**DIRECTIONS FOR THIS TASK:** Lines from the start of the data through the line containing "and to what" must be given again exactly. Leave the others out.

Stored items:
▬▬▬▬▬▬▬▬▬▬
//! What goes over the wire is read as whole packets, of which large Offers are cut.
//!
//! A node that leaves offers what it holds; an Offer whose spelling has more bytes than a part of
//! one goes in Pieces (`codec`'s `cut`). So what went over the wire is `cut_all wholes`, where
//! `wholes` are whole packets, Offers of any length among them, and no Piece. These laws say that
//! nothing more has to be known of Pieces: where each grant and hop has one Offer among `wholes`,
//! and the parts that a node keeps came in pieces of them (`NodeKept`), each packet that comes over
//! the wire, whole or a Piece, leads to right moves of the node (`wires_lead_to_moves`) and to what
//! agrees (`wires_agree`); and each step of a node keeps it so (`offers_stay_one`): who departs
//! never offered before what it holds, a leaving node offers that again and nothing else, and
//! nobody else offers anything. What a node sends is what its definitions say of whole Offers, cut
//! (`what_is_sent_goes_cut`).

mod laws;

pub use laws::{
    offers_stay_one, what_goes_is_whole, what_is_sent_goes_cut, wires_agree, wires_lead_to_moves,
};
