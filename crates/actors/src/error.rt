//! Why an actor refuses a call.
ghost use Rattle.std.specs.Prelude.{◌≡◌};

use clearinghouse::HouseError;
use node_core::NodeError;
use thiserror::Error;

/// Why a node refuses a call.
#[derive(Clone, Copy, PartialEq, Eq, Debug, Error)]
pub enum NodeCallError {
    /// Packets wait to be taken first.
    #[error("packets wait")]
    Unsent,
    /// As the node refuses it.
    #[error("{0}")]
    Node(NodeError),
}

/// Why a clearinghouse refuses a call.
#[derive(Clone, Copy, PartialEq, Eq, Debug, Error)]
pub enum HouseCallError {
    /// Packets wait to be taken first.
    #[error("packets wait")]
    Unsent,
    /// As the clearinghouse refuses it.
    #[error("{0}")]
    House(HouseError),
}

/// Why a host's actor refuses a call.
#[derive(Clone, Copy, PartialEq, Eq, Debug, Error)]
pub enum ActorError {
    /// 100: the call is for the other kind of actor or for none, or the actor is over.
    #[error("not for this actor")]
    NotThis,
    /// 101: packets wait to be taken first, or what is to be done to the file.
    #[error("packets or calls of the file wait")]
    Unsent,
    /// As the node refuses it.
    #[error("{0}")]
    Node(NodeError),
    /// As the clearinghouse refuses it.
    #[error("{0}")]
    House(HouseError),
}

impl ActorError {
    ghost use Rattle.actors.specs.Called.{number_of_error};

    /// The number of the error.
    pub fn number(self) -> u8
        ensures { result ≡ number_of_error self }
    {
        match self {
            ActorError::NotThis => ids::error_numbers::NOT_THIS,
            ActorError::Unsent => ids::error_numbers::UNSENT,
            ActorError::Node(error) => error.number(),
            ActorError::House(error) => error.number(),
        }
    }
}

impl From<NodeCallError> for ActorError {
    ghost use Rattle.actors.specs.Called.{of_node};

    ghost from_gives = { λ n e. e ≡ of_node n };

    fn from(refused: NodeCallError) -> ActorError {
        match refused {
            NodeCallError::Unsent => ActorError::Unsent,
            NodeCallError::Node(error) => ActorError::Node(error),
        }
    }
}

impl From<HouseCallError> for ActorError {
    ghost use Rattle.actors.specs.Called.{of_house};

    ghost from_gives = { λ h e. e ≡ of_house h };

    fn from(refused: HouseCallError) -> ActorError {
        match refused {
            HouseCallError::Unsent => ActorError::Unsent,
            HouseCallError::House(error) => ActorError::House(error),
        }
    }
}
▬▬▬▬▬▬▬▬▬▬
**WRITTEN RESPONSE:**
//! What goes over the wire is read as whole packets, of which large Offers are cut.
//!
//! A node that leaves offers what it holds; an Offer whose spelling has more bytes than a part of
//! one goes in Pieces (`codec`'s `cut`). So what went over the wire is `cut_all wholes`, where
//! `wholes` are whole packets, Offers of any length among them, and no Piece. These laws say that
//! nothing more has to be known of Pieces: where each grant and hop has one Offer among `wholes`,
//! and the parts that a node keeps came in pieces of them (`NodeKept`), each packet that comes over
//! the wire, whole or a Piece, leads to right moves of the node (`wires_lead_to_moves`) and to what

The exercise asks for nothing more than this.